As of 1st October 2024, courts in England and Wales will have the authority to impose legal costs on parties who fail to participate in non-court dispute resolution processes in cases under the Trusts of Land and Appointment of Trustees Act 1996 (TOLATA) and the Inheritance (Provision for Family and Dependants) Act 1975, as reported by STEP.
This new power aligns with existing financial remedy proceedings, where similar sanctions have been in place since 29 April 2024, under Family Procedure Rule 28.3(7).

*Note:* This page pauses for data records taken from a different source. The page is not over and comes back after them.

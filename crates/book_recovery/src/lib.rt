//! A book's file opened again after a stop.
//!
//! A stop leaves of the two files what their disks may leave at that moment. What is said here holds over any disk, while it
//! returns what was written.
#![tactic(auto)]

ghost use Rattle.std.specs.Prelude.{◌≡◌, ◌⊎◌, ◌<◌, IsTrue, IfOk, IfErr};
ghost use Rattle.std.specs.Str.{is_utf8};
ghost use Rattle.sqlite.specs.State.{HasCleanDisk};
ghost use Rattle.sqlite.specs.Files.{file_state, faults_of, image_of, IsCleanLeft, LeavesFiles};
ghost use Rattle.sqlite.specs.Recovery.{Image};
ghost use Rattle.sqlite.specs.WalFiles.{outcomes};
ghost use Rattle.sqlite.specs.WalReads.{AreClean};
ghost use Rattle.book_rows.specs.Book.{Book, IsBatch, IsBefore};
ghost use Rattle.keeper_core.specs.{Keeping.LoadCause, declared.keeper.Loaded.TheVariants.Failed};
ghost use Rattle.keeper_sqlite.specs.Told.{Holds, TellsCrash};
ghost use Rattle.book_recovery.specs.Recovery.{HoldsBook, HoldsABook, HoldsLeft, HoldsTrees, IsWell, FindsBook, GivesAcknowledged, LeavesABook, Recovers, IsKept, GivesRows, GivesAfter, IsUnopened, IsLeftBy, HasABook, IsUnopenedAgain, IsUnopenedAfter};

use book_rows::Batch;
use keeper_core::{Committed, Keeper, Loaded};
use keeper_sqlite::SqliteKeeper;
use sqlite::{Connection, Error, FileStore, Files, Leftover, Options};
use sqlite_disk::{Crash, Disk};
use std::alloc::Global;

/// A book that was opened again: its keeper, and what a load of it gave.
#[derive(Drop)]
pub struct Reopened<D: Disk + Drop> {
    pub keeper: SqliteKeeper<FileStore<D>>,
    pub loaded: Loaded,
}

/// Opens the file of a book, and loads it.
///
/// Of files that hold a book's file the load gives that book, or nothing: where memory ran out, or a fault was counted. Such
/// files are refused for want of memory, for a fault that was counted, or because they are too long, and for nothing else.
pub fn reopen<D: Disk + Drop>(
    alloc: Global,
    files: Files<D>,
    options: Options,
) -> Result<Reopened<D>, (Error, Leftover<D>)>
    requires log { IsTrue (D.Disk.is_usable files.log) }
    requires db { IsTrue (D.Disk.is_usable files.db) }
    ensures finds { IfOk result (λ it. IsWell it.keeper → (book : Book) → HoldsBook (image_of D.Disk files) book → FindsBook it.keeper it.loaded book) }
    ensures honest { IfOk result (λ it. TellsCrash (file_state it.keeper.file) it.keeper.is_beside → AreClean D.Disk files.log files.db) }
    ensures kept { IfOk result (λ it. IsWell it.keeper → GivesRows it.loaded → (book : Book) → Holds (file_state it.keeper.file) it.keeper.is_beside book → IsKept it.keeper book) }
    ensures shut { IfOk result (λ it. TellsCrash (file_state it.keeper.file) it.keeper.is_beside → IsTrue (file_state it.keeper.file).is_open ⊎ (0 < (file_state it.keeper.file).faults)) }
    ensures cause { IfOk result (λ it. LoadCause 0 it.keeper.faults it.loaded) }
    ensures failed { IfOk result (λ it. TellsCrash (file_state it.keeper.file) it.keeper.is_beside → it.loaded ≡ Failed → ∥ HoldsABook (image_of D.Disk files) ∥₁ → 0 < (file_state it.keeper.file).faults) }
    ensures unopened { IfErr result (λ e. IsCleanLeft e.1 → ∥ HoldsABook (image_of D.Disk files) ∥₁ → IsUnopened (faults_of D.Disk files) e.1 e.0) }
    ensures unharmed { IfErr result (λ e. IsCleanLeft e.1 → LeavesFiles files e.1) }
{
    match Connection::open_files(alloc, files, options) {
        Ok(connection) => {
            let mut keeper = SqliteKeeper::adopt(connection);
            let loaded = keeper.load(alloc);
            Ok(Reopened { keeper, loaded })
        }
        Err(unopened) => Err(unopened),
    }
}

/// Gives the two files of a keeper as they are, with nothing written.
///
/// Whatever a stop may leave of them holds the book that the keeper tells. Where it tells none, that holds a book that it says a
/// stop may leave. A keeper that tells nothing has its files left alone too.
pub fn stop<D: Disk + Drop>(keeper: SqliteKeeper<FileStore<D>>) -> Files<D>
    ensures told { AreClean D.Disk result.log result.db → (book : Book) → Holds (file_state keeper.file) keeper.is_beside book
        → (left : Image) → outcomes D.Disk result.log result.db left → HoldsBook left book }
    ensures left { AreClean D.Disk result.log result.db → LeavesABook keeper
        → (left : Image) → outcomes D.Disk result.log result.db left → ∥ HoldsLeft (file_state keeper.file) left ∥₁ }
    ensures leaves { AreClean D.Disk result.log result.db
        → (left : Image) → outcomes D.Disk result.log result.db left → ∥ HoldsTrees (file_state keeper.file) left ∥₁ }
    ensures honest { AreClean D.Disk result.log result.db → HasCleanDisk (file_state keeper.file) }
{
    let connection = keeper.release();
    // Asked for their contracts: what is seen is sound and, outside a transaction, is what is committed.
    let _schema = connection.schema();
    let _is_alone = connection.is_autocommit();
    connection.into_store().close()
}

/// Stops the machine: the two files of a keeper, as that leaves them.
fn stop_machine<D: Crash + Drop>(keeper: SqliteKeeper<FileStore<D>>) -> Files<D>
    ensures log { IsTrue (D.Disk.is_usable result.log) }
    ensures db { IsTrue (D.Disk.is_usable result.db) }
    ensures left { IsLeftBy keeper result }
{
    let mut files = stop(keeper);
    files.log.crash();
    files.db.crash();
    files
}

/// Stops the machine, and opens the book again over what that left.
///
/// The load gives the book that the keeper told. Where it told none, the load gives the acknowledged book, or that and the one
/// further act. Or it gives nothing, as `reopen` says. The files that the stop left are refused only as `reopen` says.
///
/// The faults before a stop are no lower bound of those after it: the SQL library counts those of the disks and the limits of
/// its format in one sum, and gives back the disks alone. So `failed` counts from none, and `unopened` from what the files had
/// counted that the stop left.
pub fn restart<D: Crash + Drop>(
    alloc: Global,
    keeper: SqliteKeeper<FileStore<D>>,
    options: Options,
) -> Result<Reopened<D>, (Error, Leftover<D>)>
    ensures told { IfOk result (λ it. IsWell it.keeper → (book : Book) → Holds (file_state keeper.file) keeper.is_beside book → FindsBook it.keeper it.loaded book) }
    ensures recovers { IfOk result (λ it. IsWell it.keeper → LeavesABook keeper → ∥ Recovers keeper it.keeper it.loaded ∥₁) }
    ensures acknowledged { IfOk result (λ it. IsWell it.keeper → LeavesABook keeper → GivesAcknowledged (file_state keeper.file) it.loaded) }
    ensures honest { IfOk result (λ it. TellsCrash (file_state it.keeper.file) it.keeper.is_beside → HasCleanDisk (file_state keeper.file)) }
    ensures kept { IfOk result (λ it. IsWell it.keeper → GivesRows it.loaded → (book : Book) → Holds (file_state it.keeper.file) it.keeper.is_beside book → IsKept it.keeper book) }
    ensures shut { IfOk result (λ it. TellsCrash (file_state it.keeper.file) it.keeper.is_beside → IsTrue (file_state it.keeper.file).is_open ⊎ (0 < (file_state it.keeper.file).faults)) }
    ensures cause { IfOk result (λ it. LoadCause 0 it.keeper.faults it.loaded) }
    ensures failed { IfOk result (λ it. TellsCrash (file_state it.keeper.file) it.keeper.is_beside → it.loaded ≡ Failed → HasABook keeper → 0 < (file_state it.keeper.file).faults) }
    ensures unopened { IfErr result (λ e. IsCleanLeft e.1 → IsUnopenedAgain keeper e.1 e.0) }
{
    let files = stop_machine(keeper);
    reopen(alloc, files, options)
}

/// Has one more act kept, stops the machine, and opens the book again over what that left.
///
/// After `Done` the load gives the book with the act; after another answer the book, or that with the act. Where a disk fails
/// from some call on, that call is where the machine stopped. The files that the stop left hold that book, and are refused
/// only as `reopen` says.
pub fn commit_and_restart<D: Crash + Drop>(
    alloc: Global,
    mut keeper: SqliteKeeper<FileStore<D>>,
    batch: &Batch,
    options: Options,
) -> (Committed, Result<Reopened<D>, (Error, Leftover<D>)>)
    requires batch { IsBatch batch.now }
    requires next { (book : Book) → Holds (file_state keeper.file) keeper.is_beside book → IsBefore book batch.now.act.n }
    requires text { IsTrue (is_utf8 batch.now.act.body) }
    ensures kept { IfOk result.1 (λ it. IsWell it.keeper → (book : Book) → IsKept keeper book → GivesAfter result.0 book batch.now it.loaded) }
    ensures failed { IfOk result.1 (λ it. TellsCrash (file_state it.keeper.file) it.keeper.is_beside → it.loaded ≡ Failed → (book : Book) → IsKept keeper book → 0 < (file_state it.keeper.file).faults) }
    ensures unopened { IfErr result.1 (λ e. IsCleanLeft e.1 → (book : Book) → IsKept keeper book → IsUnopenedAfter result.0 book batch.now e.1 e.0) }
{
    let committed = keeper.commit(alloc, batch);
    (committed, restart(alloc, keeper, options))
}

This amendment allows courts to depart from the usual “no order as to costs” principle when a party unjustifiably refuses to attend alternative dispute resolution (ADR). Previously, the rule applied only to financial remedy cases and did not cover other proceedings, such as Schedule 1 of the Children Act 1989, interim applications, or appeals, which follow a modified version of Civil Procedure Rules (CPR) Part 44. It also excluded claims under TOLATA and the 1975 Act, both governed by the full application of CPR Part 44.
However, the Court of Appeal’s recent ruling in Churchill v Merthyr Tydfil CBC [2023 EWCA Civ 1416] has prompted changes to the CPR. The judgment overturned the precedent set by Halsey v Milton Keynes General NHS Trust [2004 EWCA Civ 576], which held that requiring ADR would breach the right to a fair trial under Article 6 of the European Convention on Human Rights. The ruling clarified that courts can, in fact, compel parties to participate in ADR.
Although family courts will not have the power to directly order ADR, they can now issue cost penalties for parties who unreasonably refuse to engage. This effectively brings TOLATA and 1975 Act cases under the broader framework encouraging ADR participation.
Barristers Nicholas Allen and Rhys Taylor highlight the important distinction between ‘engage in’ and ‘attend’ non-court dispute resolution in Family Procedure Rules. While the word ‘attend’ was chosen to avoid overstepping into how diligently parties engage in ADR, which could risk breaching without prejudice privilege, ‘engage in’ leaves room for interpretation. ‘Attend’ remains a more straightforward, factual requirement.